Records from a collection:
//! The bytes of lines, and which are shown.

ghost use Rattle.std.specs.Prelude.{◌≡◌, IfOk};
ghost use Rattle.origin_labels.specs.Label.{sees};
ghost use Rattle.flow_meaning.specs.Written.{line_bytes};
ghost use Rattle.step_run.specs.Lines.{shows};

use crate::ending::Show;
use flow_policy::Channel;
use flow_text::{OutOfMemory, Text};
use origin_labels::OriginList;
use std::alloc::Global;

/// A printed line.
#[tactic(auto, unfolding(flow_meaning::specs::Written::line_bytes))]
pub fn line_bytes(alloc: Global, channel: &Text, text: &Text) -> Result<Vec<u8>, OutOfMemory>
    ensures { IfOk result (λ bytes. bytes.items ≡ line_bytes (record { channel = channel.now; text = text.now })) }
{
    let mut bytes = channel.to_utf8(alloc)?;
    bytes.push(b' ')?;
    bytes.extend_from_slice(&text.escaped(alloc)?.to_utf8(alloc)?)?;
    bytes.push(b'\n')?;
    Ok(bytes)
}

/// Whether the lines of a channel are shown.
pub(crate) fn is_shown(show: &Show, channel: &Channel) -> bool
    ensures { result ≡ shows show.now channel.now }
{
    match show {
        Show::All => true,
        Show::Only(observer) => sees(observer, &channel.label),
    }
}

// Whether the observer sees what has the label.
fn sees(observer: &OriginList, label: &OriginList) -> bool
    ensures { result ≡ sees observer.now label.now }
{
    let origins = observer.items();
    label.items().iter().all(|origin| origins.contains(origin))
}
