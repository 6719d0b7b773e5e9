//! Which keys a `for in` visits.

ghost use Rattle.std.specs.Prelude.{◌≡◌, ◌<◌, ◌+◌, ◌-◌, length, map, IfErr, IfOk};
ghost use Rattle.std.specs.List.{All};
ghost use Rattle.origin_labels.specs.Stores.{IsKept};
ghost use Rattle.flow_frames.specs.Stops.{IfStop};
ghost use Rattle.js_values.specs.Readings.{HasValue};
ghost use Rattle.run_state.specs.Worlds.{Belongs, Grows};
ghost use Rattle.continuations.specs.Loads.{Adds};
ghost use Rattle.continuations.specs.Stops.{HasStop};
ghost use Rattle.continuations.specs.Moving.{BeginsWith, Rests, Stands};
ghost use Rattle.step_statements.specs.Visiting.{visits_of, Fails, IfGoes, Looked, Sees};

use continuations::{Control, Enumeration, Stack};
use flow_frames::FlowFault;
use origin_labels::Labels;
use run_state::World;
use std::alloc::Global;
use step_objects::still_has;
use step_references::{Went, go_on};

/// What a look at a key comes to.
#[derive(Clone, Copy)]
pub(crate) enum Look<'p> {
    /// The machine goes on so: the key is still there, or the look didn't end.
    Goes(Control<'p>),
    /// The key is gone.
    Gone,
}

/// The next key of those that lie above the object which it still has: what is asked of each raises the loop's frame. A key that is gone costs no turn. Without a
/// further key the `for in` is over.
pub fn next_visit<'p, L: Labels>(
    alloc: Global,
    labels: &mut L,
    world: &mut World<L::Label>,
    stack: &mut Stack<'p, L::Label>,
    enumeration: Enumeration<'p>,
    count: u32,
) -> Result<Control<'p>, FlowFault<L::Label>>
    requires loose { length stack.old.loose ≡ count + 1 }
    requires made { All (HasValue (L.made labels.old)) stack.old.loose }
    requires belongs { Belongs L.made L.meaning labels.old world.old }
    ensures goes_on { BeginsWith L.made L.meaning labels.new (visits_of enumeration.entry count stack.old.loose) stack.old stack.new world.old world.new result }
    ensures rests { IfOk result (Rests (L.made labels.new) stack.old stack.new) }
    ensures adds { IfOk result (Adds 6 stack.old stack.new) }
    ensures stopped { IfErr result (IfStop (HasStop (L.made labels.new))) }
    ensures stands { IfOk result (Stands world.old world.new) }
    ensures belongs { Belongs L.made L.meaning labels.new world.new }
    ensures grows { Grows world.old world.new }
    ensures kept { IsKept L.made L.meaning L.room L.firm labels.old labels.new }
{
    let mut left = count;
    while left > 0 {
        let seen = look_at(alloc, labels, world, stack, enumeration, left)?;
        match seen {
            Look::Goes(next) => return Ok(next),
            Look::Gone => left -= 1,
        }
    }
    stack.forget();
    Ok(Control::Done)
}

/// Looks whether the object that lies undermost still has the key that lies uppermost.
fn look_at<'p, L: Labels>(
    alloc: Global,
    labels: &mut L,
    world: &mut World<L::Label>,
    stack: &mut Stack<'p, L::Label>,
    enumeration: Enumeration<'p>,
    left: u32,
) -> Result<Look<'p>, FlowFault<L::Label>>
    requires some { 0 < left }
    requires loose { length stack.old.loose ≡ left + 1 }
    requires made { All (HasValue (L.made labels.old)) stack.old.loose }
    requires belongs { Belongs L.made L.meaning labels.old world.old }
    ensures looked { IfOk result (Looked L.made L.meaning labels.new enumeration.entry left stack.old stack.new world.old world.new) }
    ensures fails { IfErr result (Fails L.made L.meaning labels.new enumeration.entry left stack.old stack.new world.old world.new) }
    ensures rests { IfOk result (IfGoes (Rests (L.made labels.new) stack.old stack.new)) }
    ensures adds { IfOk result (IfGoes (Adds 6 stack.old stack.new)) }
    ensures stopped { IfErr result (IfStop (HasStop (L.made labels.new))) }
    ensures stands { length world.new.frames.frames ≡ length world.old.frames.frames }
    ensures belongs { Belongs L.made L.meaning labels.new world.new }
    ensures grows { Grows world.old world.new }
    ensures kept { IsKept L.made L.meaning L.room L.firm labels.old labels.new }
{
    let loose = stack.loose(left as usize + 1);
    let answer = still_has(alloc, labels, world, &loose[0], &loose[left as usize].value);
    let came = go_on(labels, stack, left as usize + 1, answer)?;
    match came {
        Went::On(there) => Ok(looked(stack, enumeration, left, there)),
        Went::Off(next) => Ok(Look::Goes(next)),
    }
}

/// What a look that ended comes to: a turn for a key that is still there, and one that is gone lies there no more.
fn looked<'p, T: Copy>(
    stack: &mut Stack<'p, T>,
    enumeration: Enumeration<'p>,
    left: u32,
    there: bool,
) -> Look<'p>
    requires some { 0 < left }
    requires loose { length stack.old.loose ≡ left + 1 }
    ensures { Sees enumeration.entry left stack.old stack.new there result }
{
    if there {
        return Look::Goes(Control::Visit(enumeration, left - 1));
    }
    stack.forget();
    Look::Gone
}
* * *
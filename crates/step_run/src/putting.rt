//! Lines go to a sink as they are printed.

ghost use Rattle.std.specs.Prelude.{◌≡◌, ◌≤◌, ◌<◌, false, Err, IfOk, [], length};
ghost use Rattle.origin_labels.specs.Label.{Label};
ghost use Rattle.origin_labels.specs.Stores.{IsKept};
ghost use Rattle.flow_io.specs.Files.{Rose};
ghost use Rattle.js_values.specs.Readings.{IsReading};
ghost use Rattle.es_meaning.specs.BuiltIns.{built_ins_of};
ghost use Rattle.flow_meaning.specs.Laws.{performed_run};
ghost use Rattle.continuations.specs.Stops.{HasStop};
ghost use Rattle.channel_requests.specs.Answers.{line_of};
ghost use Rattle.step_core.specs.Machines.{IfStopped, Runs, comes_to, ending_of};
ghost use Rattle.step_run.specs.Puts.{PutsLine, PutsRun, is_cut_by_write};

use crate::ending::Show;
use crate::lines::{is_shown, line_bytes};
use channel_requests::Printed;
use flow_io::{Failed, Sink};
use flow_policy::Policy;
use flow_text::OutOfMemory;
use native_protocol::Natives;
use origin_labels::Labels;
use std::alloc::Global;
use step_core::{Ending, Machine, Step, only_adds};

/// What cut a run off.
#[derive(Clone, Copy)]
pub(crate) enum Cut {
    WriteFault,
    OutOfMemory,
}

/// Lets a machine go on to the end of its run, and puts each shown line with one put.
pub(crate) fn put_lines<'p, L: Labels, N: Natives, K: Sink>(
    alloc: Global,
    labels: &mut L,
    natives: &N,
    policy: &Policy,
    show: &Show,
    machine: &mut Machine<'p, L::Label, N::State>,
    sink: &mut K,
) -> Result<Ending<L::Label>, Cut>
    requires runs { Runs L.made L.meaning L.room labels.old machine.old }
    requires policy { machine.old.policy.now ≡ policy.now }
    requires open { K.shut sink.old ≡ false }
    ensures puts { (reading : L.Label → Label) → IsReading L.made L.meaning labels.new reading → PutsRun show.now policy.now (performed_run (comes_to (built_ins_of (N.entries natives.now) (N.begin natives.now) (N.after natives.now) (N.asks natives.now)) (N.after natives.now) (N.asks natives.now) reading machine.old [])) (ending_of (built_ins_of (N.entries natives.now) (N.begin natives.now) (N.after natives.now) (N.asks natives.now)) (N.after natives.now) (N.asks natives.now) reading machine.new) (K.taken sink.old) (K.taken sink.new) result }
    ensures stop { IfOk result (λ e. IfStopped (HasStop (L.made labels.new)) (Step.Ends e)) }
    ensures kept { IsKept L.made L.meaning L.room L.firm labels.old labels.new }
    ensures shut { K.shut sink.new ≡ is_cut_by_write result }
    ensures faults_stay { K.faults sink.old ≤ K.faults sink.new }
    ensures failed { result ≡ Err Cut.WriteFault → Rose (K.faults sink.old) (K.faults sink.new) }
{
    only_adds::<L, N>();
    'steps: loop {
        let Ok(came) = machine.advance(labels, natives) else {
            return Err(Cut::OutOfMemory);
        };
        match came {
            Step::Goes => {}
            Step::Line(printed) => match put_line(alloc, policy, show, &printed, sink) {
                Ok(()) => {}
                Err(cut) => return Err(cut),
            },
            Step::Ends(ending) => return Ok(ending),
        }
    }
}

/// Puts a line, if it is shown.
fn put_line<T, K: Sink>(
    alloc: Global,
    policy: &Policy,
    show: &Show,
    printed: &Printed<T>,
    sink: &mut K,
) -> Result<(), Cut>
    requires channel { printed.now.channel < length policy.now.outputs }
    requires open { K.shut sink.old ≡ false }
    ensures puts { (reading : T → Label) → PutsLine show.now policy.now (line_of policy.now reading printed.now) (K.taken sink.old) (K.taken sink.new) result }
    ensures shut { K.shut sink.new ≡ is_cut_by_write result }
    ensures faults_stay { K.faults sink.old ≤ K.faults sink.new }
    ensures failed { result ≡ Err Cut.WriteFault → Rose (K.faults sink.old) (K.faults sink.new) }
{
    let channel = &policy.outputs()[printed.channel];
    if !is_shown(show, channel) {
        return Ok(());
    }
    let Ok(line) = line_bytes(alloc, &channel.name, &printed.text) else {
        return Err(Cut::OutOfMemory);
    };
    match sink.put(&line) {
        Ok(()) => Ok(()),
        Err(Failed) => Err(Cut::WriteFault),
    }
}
--
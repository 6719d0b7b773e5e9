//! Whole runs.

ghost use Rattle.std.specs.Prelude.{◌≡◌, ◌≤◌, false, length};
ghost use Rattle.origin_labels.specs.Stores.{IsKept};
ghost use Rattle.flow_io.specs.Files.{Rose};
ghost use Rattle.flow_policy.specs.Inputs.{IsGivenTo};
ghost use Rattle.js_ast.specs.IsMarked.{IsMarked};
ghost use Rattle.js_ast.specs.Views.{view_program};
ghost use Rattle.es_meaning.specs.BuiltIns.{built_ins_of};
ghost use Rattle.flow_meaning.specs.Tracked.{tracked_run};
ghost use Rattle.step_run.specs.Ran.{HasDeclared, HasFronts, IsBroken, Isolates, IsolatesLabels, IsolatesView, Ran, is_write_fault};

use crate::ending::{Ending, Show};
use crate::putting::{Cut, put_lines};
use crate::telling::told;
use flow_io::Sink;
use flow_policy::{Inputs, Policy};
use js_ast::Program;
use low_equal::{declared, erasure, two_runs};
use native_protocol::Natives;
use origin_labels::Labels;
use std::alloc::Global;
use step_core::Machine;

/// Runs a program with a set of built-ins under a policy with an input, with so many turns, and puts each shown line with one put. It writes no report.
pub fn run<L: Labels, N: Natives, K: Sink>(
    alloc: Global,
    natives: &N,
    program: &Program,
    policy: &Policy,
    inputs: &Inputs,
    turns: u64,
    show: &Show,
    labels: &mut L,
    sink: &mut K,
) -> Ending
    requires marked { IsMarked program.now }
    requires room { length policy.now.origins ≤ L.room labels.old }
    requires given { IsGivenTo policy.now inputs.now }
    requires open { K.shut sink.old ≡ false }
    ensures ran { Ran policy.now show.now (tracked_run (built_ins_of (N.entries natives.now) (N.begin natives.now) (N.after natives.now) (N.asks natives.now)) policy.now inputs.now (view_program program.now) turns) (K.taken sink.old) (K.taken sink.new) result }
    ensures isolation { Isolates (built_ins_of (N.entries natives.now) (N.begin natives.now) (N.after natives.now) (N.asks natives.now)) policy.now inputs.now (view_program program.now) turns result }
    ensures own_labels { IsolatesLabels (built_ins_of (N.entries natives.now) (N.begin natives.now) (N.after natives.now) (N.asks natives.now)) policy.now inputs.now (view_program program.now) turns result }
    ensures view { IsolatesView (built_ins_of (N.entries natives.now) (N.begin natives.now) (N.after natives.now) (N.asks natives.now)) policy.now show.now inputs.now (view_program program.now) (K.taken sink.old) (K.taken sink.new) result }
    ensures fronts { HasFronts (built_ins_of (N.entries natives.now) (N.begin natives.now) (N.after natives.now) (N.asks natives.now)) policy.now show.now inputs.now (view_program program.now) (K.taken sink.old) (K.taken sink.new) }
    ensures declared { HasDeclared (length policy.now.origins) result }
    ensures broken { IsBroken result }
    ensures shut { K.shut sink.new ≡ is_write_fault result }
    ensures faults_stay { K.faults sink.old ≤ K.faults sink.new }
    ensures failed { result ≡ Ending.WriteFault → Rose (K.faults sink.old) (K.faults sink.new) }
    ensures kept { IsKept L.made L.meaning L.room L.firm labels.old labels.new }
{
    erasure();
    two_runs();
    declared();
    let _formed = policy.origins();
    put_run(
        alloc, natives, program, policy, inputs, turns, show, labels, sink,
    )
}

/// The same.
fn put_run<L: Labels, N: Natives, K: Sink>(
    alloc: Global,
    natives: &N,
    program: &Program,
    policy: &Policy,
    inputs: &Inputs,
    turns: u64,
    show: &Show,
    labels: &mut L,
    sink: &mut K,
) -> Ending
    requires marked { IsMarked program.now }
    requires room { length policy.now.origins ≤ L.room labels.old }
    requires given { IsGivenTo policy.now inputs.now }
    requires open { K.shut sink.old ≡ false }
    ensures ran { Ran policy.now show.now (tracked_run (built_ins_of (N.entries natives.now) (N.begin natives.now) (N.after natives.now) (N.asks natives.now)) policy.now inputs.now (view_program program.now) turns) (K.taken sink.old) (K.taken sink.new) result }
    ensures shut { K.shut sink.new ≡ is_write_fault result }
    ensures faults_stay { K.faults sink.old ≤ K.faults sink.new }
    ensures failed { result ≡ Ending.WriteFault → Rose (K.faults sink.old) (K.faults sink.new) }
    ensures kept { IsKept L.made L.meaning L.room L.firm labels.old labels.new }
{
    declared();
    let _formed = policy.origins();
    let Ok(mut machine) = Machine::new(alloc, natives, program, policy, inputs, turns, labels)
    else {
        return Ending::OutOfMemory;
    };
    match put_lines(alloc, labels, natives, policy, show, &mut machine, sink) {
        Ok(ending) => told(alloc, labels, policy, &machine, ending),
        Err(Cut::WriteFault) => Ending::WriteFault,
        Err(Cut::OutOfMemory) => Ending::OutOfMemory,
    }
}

EXERCISE DETAILS: From the records above, report the count of lines containing "match" and nothing more.

REPLY: 7